Ray Bandar’s Bone Palace (via) The hundredth museum I’ve posted to Niche Museums, and this one is my absolute favourite. Ray Bandar spent sixty years collecting over 7,000 animal skulls and putting them on display in his house and basement. Natalie managed to score us a tour a few weeks before the entire collection was donated to the California Academy of Sciences. It was the most amazing room I’ve ever been in.
Your own hosted blog, the easy, free, open way (even if you’re not a computer expert) (via) Jeremy Howard and the fast.ai team have released fast_template—a GitHub repository designed to be used as a template to create new repositories with a complete Jekyll blog configured for use with GitHub pages. GitHub’s official document recommends you install Ruby on your machine to do this, but Jeremy points out that with the right repository setup you can run a blog entirely by editing files through the GitHub web interface.
How to do Zero Downtime Deployments of Docker Containers. I’m determined to get reliable zero-downtime deploys working for a new project, because I know from experience that even a few seconds of downtime during a deploy changes the project mentality from “deploy any time you want” to “don’t deploy too often”. I’m using Docker containers behind Traefik, which means new containers should have traffic automatically balanced to them by Traefik based on their labels. After much fiddling around the pattern described by this article worked best for me: it lets me start a new container, then stop the old one and have Traefik’s “retry” mechanism send any requests to the stopped container over to the new one instead.
Demos, Prototypes, and MVPs (via) I really like how Jacob describes the difference between a demo and a prototype: a demo is externally facing and helps explain a concept to a customer; a prototype is internally facing and helps prove that something can be built.

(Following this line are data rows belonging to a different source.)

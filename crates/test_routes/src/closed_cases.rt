// Networks of edition 2, in which an arc may be closed in a column: all calls of the path layer.
use super::path_cases::{UNREACHED, list_refused, regret_is};
use super::rank_cases::ranked;
use super::robust_cases::chosen;
use super::{path_cases, rank_cases, robust_cases};
use std::io;
use test_calls::answers::{left_open, settled};
use test_calls::path_calls::{note_label, note_shortest};
use test_calls::rank_calls::Request;
use test_calls::robust_calls::note_robust;
use test_fixtures::case_images::{apart, cut_off, detour, ferry, second_s};
use test_fixtures::report::Report;

// Network S with no arc closed: all answers are those of edition 1.
fn open_everywhere() -> Report {
    let image = second_s();
    let mut report = path_cases::note_s(Report::new(), &image);
    report = rank_cases::note_s(report, &image);
    robust_cases::note_s(report, &image)
}

fn ferry_in_columns(mut report: Report, image: &[u8]) -> Report {
    report = note_label(report, image, 1, 4, &[1, 3, 3, 0]);
    report = note_label(report, image, 2, 4, &[2, 8, 1, 0]);
    report = note_shortest(report, image, 1, 1, 4, 4, &[1, 4], 1);
    report = note_shortest(report, image, 2, 1, 4, 4, &[1, 3, 4], 2);
    let rows = [1, 4, 0, 0, 1, 2, 4, 0, 1, 3, 4, 0];
    report = ranked(report, image, 1, 5, &rows, &[1, 5, 6]);
    report = ranked(report, image, 1, 1, &rows[..4], &[1]);
    report = ranked(report, image, 2, 5, &[1, 3, 4, 0, 1, 2, 4, 0], &[2, 12]);
    ranked(report, image, 2, 2, &[1, 3, 4, 0, 1, 2, 4, 0], &[2, 12])
}

// Deviations in column 1 are held against the ferry's cost, 1, though no path with it is admitted: those
// of 1 2 4 and 1 3 4 are 4 and 5 there, and 10 and 0 in column 2. So the first path's own deviation in
// column 1 is 4, and the floor after it is 5.
fn ferry_in_all(mut report: Report, image: &[u8]) -> Report {
    report = list_refused(report, image, 1, 4, &[1, 4], 1);
    report = regret_is(report, image, 1, 4, &[1, 2, 4], 10, 2);
    report = regret_is(report, image, 1, 4, &[1, 3, 4], 5, 1);
    report = chosen(report, image, 1, 1, left_open(3, 10, 2, 1, 5), &[1, 2, 4]);
    report = chosen(report, image, 1, 2, settled(3, 5, 1, 2), &[1, 3, 4]);
    report = chosen(report, image, 1, 256, settled(3, 5, 1, 2), &[1, 3, 4]);
    report = chosen(report, image, 2, 1, settled(3, 5, 1, 1), &[1, 3, 4]);
    chosen(report, image, 2, 48, settled(3, 5, 1, 1), &[1, 3, 4])
}

fn note_ferry() -> Report {
    let image = ferry();
    ferry_in_all(ferry_in_columns(Report::new(), &image), &image)
}

fn apart_in_columns(mut report: Report, image: &[u8]) -> Report {
    report = note_label(report, image, 1, 4, &[3, 2, 5, 0]);
    report = note_label(report, image, 2, 4, &[4, 1, 1, 0]);
    report = note_shortest(report, image, 1, 1, 4, 4, &[1, 2, 4], 3);
    report = note_shortest(report, image, 2, 1, 4, 4, &[1, 3, 4], 4);
    report = ranked(report, image, 1, 5, &[1, 2, 4, 0, 1, 2, 3, 4], &[3, 7]);
    ranked(report, image, 2, 5, &[1, 3, 4, 0], &[4])
}

// From 2 to 4 both columns have all paths.
fn apart_from_2(mut report: Report, image: &[u8]) -> Report {
    let request = Request {
        column: 1,
        start: 2,
        goal: 4,
        wanted: 5,
    };
    report = regret_is(report, image, 2, 4, &[2, 4], 3, 2);
    report = regret_is(report, image, 2, 4, &[2, 3, 4], 4, 1);
    note_robust(report, image, 4, request, settled(2, 3, 2, 1), &[2, 4])
}

fn apart_in_all(mut report: Report, image: &[u8]) -> Report {
    report = list_refused(report, image, 1, 4, &[1, 2, 4], 1);
    report = list_refused(report, image, 1, 4, &[1, 3, 4], 1);
    report = robust_cases::no_path(report, image, 4, 1, 1, 4);
    report = robust_cases::no_path(report, image, 4, 2, 1, 4);
    apart_from_2(report, image)
}

fn note_apart() -> Report {
    let image = apart();
    apart_in_all(apart_in_columns(Report::new(), &image), &image)
}

fn cut_off_in_columns(mut report: Report, image: &[u8]) -> Report {
    report = note_label(report, image, 1, 4, &[3, 2, 1, 0]);
    report = note_label(report, image, 2, 4, &[UNREACHED, UNREACHED, UNREACHED, 0]);
    report = note_label(report, image, 2, 3, &[2, 1, 0, UNREACHED]);
    report = note_shortest(report, image, 1, 1, 4, 4, &[1, 2, 3, 4], 3);
    report = note_shortest(report, image, 2, 1, 3, 4, &[1, 2, 3], 2);
    report = path_cases::no_path(report, image, 2, 1, 4);
    report = path_cases::no_path(report, image, 2, 3, 4);
    report = rank_cases::no_path(report, image, 4, 2, 1, 4);
    let rows = [1, 2, 3, 4, 1, 4, 0, 0, 1, 2, 4, 0];
    ranked(report, image, 1, 5, &rows, &[3, 4, 6])
}

// The place of row 14 is that of the first arc that is closed somewhere, and a node that repeats before
// it comes first.
fn cut_off_in_all(mut report: Report, image: &[u8]) -> Report {
    report = list_refused(report, image, 1, 4, &[1, 4], 1);
    report = list_refused(report, image, 1, 4, &[1, 2, 4], 2);
    report = list_refused(report, image, 1, 4, &[1, 2, 3, 4], 3);
    report = list_refused(report, image, 1, 4, &[1, 2, 1, 4], 2);
    report = list_refused(report, image, 1, 4, &[1, 2, 3], 3);
    report = regret_is(report, image, 1, 3, &[1, 2, 3], 0, 1);
    report = robust_cases::no_path(report, image, 4, 1, 1, 4);
    robust_cases::no_path(report, image, 4, 2, 1, 4)
}

fn note_cut_off() -> Report {
    let image = cut_off();
    cut_off_in_all(cut_off_in_columns(Report::new(), &image), &image)
}

// 1 3 4 is the one path that is open in both columns.
fn detour_in_all(mut report: Report, image: &[u8]) -> Report {
    report = note_label(report, image, 1, 4, &[5, 3, 2, 0]);
    report = note_label(report, image, 2, 4, &[8, UNREACHED, 7, 0]);
    report = path_cases::no_path(report, image, 2, 2, 4);
    report = list_refused(report, image, 1, 4, &[1, 2, 4], 2);
    report = regret_is(report, image, 1, 4, &[1, 3, 4], 2, 1);
    report = chosen(report, image, 1, 1, settled(3, 2, 1, 1), &[1, 3, 4]);
    chosen(report, image, 2, 1, settled(3, 2, 1, 1), &[1, 3, 4])
}

fn note_detour() -> Report {
    detour_in_all(Report::new(), &detour())
}

pub fn run(rt: &impl Print) -> io::Result<()> {
    open_everywhere().print(rt, "network S in edition 2")?;
    note_ferry().print(rt, "ferry closed in a column")?;
    note_apart().print(rt, "no path open in every column")?;
    note_cut_off().print(rt, "goal cut off in a column")?;
    note_detour().print(rt, "node cut off in a column")
}
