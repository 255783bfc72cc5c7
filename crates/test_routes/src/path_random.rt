// Random networks: the calls of the path layer, held to the plain enumeration of all paths.
ghost use Rattle.std.specs.Prelude.{◌<◌};

use super::path_lists::{Trip, drawn_path, note_lists};
use super::rank_random::note_ranks;
use test_calls::answers::{pair, refusal};
use test_calls::path_calls::{note_label, shortest_agrees};
use test_enumerate::{Costs, Path, Paths};
use test_fixtures::networks::number_at;
use test_fixtures::numbers::{count, narrow, node};
use test_fixtures::plain_image::{Header, Network};
use test_fixtures::report::{Call, Report};

// Puts the labels of a node into the table, which has eight places for each column.
fn put_labels(labels: &mut [u32], start: u32, of_node: Costs)
    requires { 0 < start }
{
    for (u, label) in of_node.iter().enumerate() {
        if let Some(place) = labels.get_mut(8 * u + start as usize - 1) {
            *place = narrow(*label);
        }
    }
}

// Shortest in column u, by all paths with their costs. The slice is exactly long enough or longer.
fn note_first(
    report: Report,
    n: u32,
    u: u32,
    start: u32,
    goal: u32,
    image: &[u8],
    paths: &[Path],
) -> Report {
    let room = n as usize + 9 * (u % 2) as usize;
    let Some(path) = test_enumerate::first_open(u, paths) else {
        let agrees = shortest_agrees(image, u, start, goal, room, refusal(15, 0), &[]);
        return report.note(Call::Shortest, agrees);
    };
    let cost = test_enumerate::in_column(path.costs, u);
    let row = path.row;
    let length = test_enumerate::length(row);
    let found = pair(count(length), narrow(cost));
    let agrees = shortest_agrees(image, u, start, goal, room, found, &row[..length]);
    report.note(Call::Shortest, agrees)
}

// Shortest in each column, and into a slice that is a place too short.
fn note_firsts(
    mut report: Report,
    n: u32,
    k: u32,
    start: u32,
    goal: u32,
    image: &[u8],
    paths: &[Path],
) -> Report {
    if n == 0 {
        return report.note(Call::Shortest, false);
    }
    let short = shortest_agrees(image, 1, start, goal, n as usize - 1, refusal(13, 0), &[]);
    report = report.note(Call::Shortest, short);
    for u in 1..=k {
        report = note_first(report, n, u, start, goal, image, paths);
    }
    report
}

// The calls from a start to a goal, if they differ, by all paths with their costs. Rank and Robust put
// these into their order. Regret has lists made from a path that is open in every column, and in edition
// 2 also from any path.
fn note_pair(
    mut report: Report,
    code: u32,
    network: Network,
    numbers: &[u32],
    image: &[u8],
    bests: Costs,
    paths: &mut [Path],
) -> Report {
    let start = code % 8 + 1;
    let goal = code / 8 + 1;
    if start == goal {
        return report;
    }
    let Header { edition, n, k } = network.header;
    report = note_firsts(report, n, k, start, goal, image, paths);
    let trip = Trip { n, start, goal };
    let open = test_enumerate::open_everywhere(paths);
    let number = number_at(numbers, start as usize);
    let path = drawn_path(paths.get(..open).unwrap_or(&[]), number);
    report = note_lists(report, trip, network, bests, path, numbers, image);
    if edition == 2 {
        let other = drawn_path(paths, number);
        report = note_lists(report, trip, network, bests, other, numbers, image);
    }
    note_ranks(report, n, k, code, numbers, image, bests, paths)
}

// Label with a goal, in each column, held to the table of labels.
fn note_columns(
    mut report: Report,
    n: u32,
    k: u32,
    goal: u32,
    image: &[u8],
    labels: &[u32],
) -> Report {
    for u in 0..k {
        let from = 8 * (u % 8) as usize;
        let end = from + (n % 9) as usize;
        if labels.len() < end {
            return report.note(Call::Label, false);
        }
        report = note_label(report, image, u + 1, goal, &labels[from..end]);
    }
    report
}

// Label with the goal of a pair, when its last start has filled the table.
fn note_goal(report: Report, code: u32, header: Header, image: &[u8], labels: &[u32]) -> Report {
    let Header { n, k, .. } = header;
    let start = code % 8 + 1;
    let goal = code / 8 + 1;
    if start != n || n < goal {
        return report;
    }
    note_columns(report, n, k, goal, image, labels)
}

// The calls for one of the 64 pairs of eight nodes, if the network has both. Puts the start's labels
// into the table.
fn note_code(
    report: Report,
    code: u32,
    network: Network,
    numbers: &[u32],
    image: &[u8],
    paths: &mut Paths,
    labels: &mut [u32],
) -> Report {
    let start = code % 8 + 1;
    let goal = code / 8 + 1;
    let Header { n, k, .. } = network.header;
    if n < start || n < goal {
        return report;
    }
    paths.find(network, node(start), node(goal));
    let all = paths.all.as_mut_slice();
    let bests = test_enumerate::labels(k, node(start), node(goal), all);
    put_labels(labels, start, bests);
    note_pair(report, code, network, numbers, image, bests, all)
}

// The calls of the path layer on a network of up to eight nodes, between all of them and in all
// columns.
pub fn note_paths(mut report: Report, network: Network, numbers: &[u32], image: &[u8]) -> Report {
    let mut paths = Paths::new();
    let mut labels = [0u32; 64];
    for code in 0..64u32 {
        report = note_code(
            report,
            code,
            network,
            numbers,
            image,
            &mut paths,
            &mut labels,
        );
        report = note_goal(report, code, network.header, image, &labels);
    }
    report
}
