// The cases of Label, Shortest and Regret (REFERENCE, section 8): network S, the network of zero costs,
// the network without arcs and the line of 200 nodes.
use super::cases;
use std::{array, io};
use test_calls::answers::{pair, refusal};
use test_calls::path_calls::{note_label, note_shortest, regret_agrees, shortest_agrees};
use test_fixtures::numbers::count;
use test_fixtures::report::{Call, Report};

// The label of a node that cannot reach the goal.
pub const UNREACHED: u32 = 4294967295;

// Regret of a path gives this figure and worst column.
pub fn regret_is(
    report: Report,
    image: &[u8],
    start: u32,
    goal: u32,
    nodes: &[u16],
    figure: u32,
    worst: u32,
) -> Report {
    let agrees = regret_agrees(image, start, goal, nodes, pair(figure, worst));
    report.note(Call::Regret, agrees)
}

// Regret of a list that is no path gives 14 at this place.
pub fn list_refused(
    report: Report,
    image: &[u8],
    start: u32,
    goal: u32,
    nodes: &[u16],
    place: u32,
) -> Report {
    let agrees = regret_agrees(image, start, goal, nodes, refusal(14, place));
    report.note(Call::Regret, agrees)
}

// Shortest from a start from which the goal cannot be reached in a column.
pub fn no_path(report: Report, image: &[u8], column: u32, start: u32, goal: u32) -> Report {
    let agrees = shortest_agrees(image, column, start, goal, 9, refusal(15, 0), &[]);
    report.note(Call::Shortest, agrees)
}

fn labels_of_s(mut report: Report, image: &[u8]) -> Report {
    report = note_label(report, image, 1, 4, &[5, 3, 2, 0]);
    report = note_label(report, image, 2, 4, &[5, 1, 7, 0]);
    report = note_label(report, image, 2, 3, &[1, 2, 0, UNREACHED]);
    note_label(report, image, 1, 1, &[0, UNREACHED, UNREACHED, UNREACHED])
}

fn paths_of_s(mut report: Report, image: &[u8]) -> Report {
    report = note_shortest(report, image, 1, 1, 4, 4, &[1, 2, 3, 4], 5);
    report = note_shortest(report, image, 2, 1, 4, 4, &[1, 2, 4], 5);
    report = note_shortest(report, image, 2, 1, 3, 4, &[1, 3], 1);
    report = no_path(report, image, 1, 4, 1);
    no_path(report, image, 1, 3, 2)
}

fn figures_of_s(mut report: Report, image: &[u8]) -> Report {
    report = regret_is(report, image, 1, 4, &[1, 2, 4], 3, 1);
    report = regret_is(report, image, 1, 4, &[1, 3, 4], 3, 2);
    report = regret_is(report, image, 1, 4, &[1, 2, 3, 4], 8, 2);
    report = regret_is(report, image, 2, 4, &[2, 4], 3, 1);
    regret_is(report, image, 1, 2, &[1, 2], 0, 1)
}

// The places of row 14: at the front, at a node that repeats or has no arc to it, at the end.
fn lists_on_s(mut report: Report, image: &[u8]) -> Report {
    report = list_refused(report, image, 1, 4, &[], 0);
    report = list_refused(report, image, 1, 4, &[2, 4], 0);
    report = list_refused(report, image, 1, 4, &[1, 4], 1);
    report = list_refused(report, image, 1, 4, &[1, 0, 4], 1);
    report = list_refused(report, image, 1, 4, &[1, 65535], 1);
    report = list_refused(report, image, 1, 4, &[1, 2, 1, 3, 4], 2);
    report = list_refused(report, image, 1, 4, &[1, 2, 2, 4], 2);
    report = list_refused(report, image, 1, 4, &[1, 2, 4, 3], 3);
    report = list_refused(report, image, 1, 4, &[1], 1);
    report = list_refused(report, image, 1, 4, &[1, 2], 2);
    report = list_refused(report, image, 1, 3, &[1, 2, 4], 3);
    report = list_refused(report, image, 4, 1, &[4], 1);
    list_refused(report, image, 4, 1, &[4, 1], 1)
}

pub fn note_s(mut report: Report, image: &[u8]) -> Report {
    report = labels_of_s(report, image);
    report = paths_of_s(report, image);
    report = figures_of_s(report, image);
    lists_on_s(report, image)
}

fn note_zero_costs(mut report: Report, image: &[u8]) -> Report {
    report = note_label(report, image, 1, 4, &[0, 0, 0, 0]);
    report = note_label(report, image, 1, 2, &[0, 0, 0, UNREACHED]);
    report = note_shortest(report, image, 1, 1, 4, 4, &[1, 3, 2, 4], 0);
    report = note_shortest(report, image, 1, 3, 4, 4, &[3, 2, 4], 0);
    report = regret_is(report, image, 1, 4, &[1, 3, 2, 4], 0, 1);
    report = regret_is(report, image, 1, 4, &[1, 3, 4], 0, 1);
    list_refused(report, image, 1, 4, &[1, 3, 2, 3, 4], 3)
}

fn note_no_arcs(mut report: Report, image: &[u8]) -> Report {
    report = note_label(report, image, 1, 2, &[UNREACHED, 0]);
    report = no_path(report, image, 1, 1, 2);
    list_refused(report, image, 1, 2, &[1, 2], 1)
}

// The labels of the line's nodes to the last of 200.
fn line_labels() -> [u32; 200] {
    array::from_fn(|i| 1000000 * 199u32.saturating_sub(count(i)))
}

fn note_line(mut report: Report, image: &[u8], nodes: &[u16]) -> Report {
    report = note_label(report, image, 1, 200, &line_labels());
    if nodes.len() != 200 {
        return report.note(Call::Regret, false);
    }
    report = note_shortest(report, image, 1, 1, 200, 200, nodes, 199000000);
    report = regret_is(report, image, 1, 200, nodes, 0, 1);
    report = list_refused(report, image, 1, 200, &nodes[0..199], 199);
    list_refused(report, image, 2, 1, &nodes[1..200], 199)
}

pub fn run(rt: &impl Print) -> io::Result<()> {
    cases::print(rt, note_s, note_zero_costs, note_no_arcs, note_line)
}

Serving 100µs reads with 100% availability (via) Fascinating use-case for SQLite from Segment: they needed a massively replicated configuration database across all of their instances that process streaming data. They chose to make the configuration available as a ~50GB SQLite database file mirrored to every instance, meaning lookups against that data could complete in microseconds. Changes to the central MySQL configuration store are pulled every 2-3 seconds, resulting in a trade-off of consistency for availability which fits their use-case just fine.
A visual introduction to machine learning. Beautiful interactive essay explaining how a decision tree machine learning module is constructed, and using that to illustrate the concept of overfitting. This is one of the best explanations of machine learning fundamentals I’ve seen anywhere.
Snowpack (via) Really interesting new twist on build systems for JavaScript. Modern browsers (everything since IE11) support JavaScript modules, but actually working with them is tricky since so much of the JavaScript ecosystem expects you to be using a bundler like Webpack. Snowpack is a tool for converting npm dependencies into JavaScript modules which can then be loaded directly by the browser, taking advantage of HTTP/2 to efficiently load the resulting larger number of files.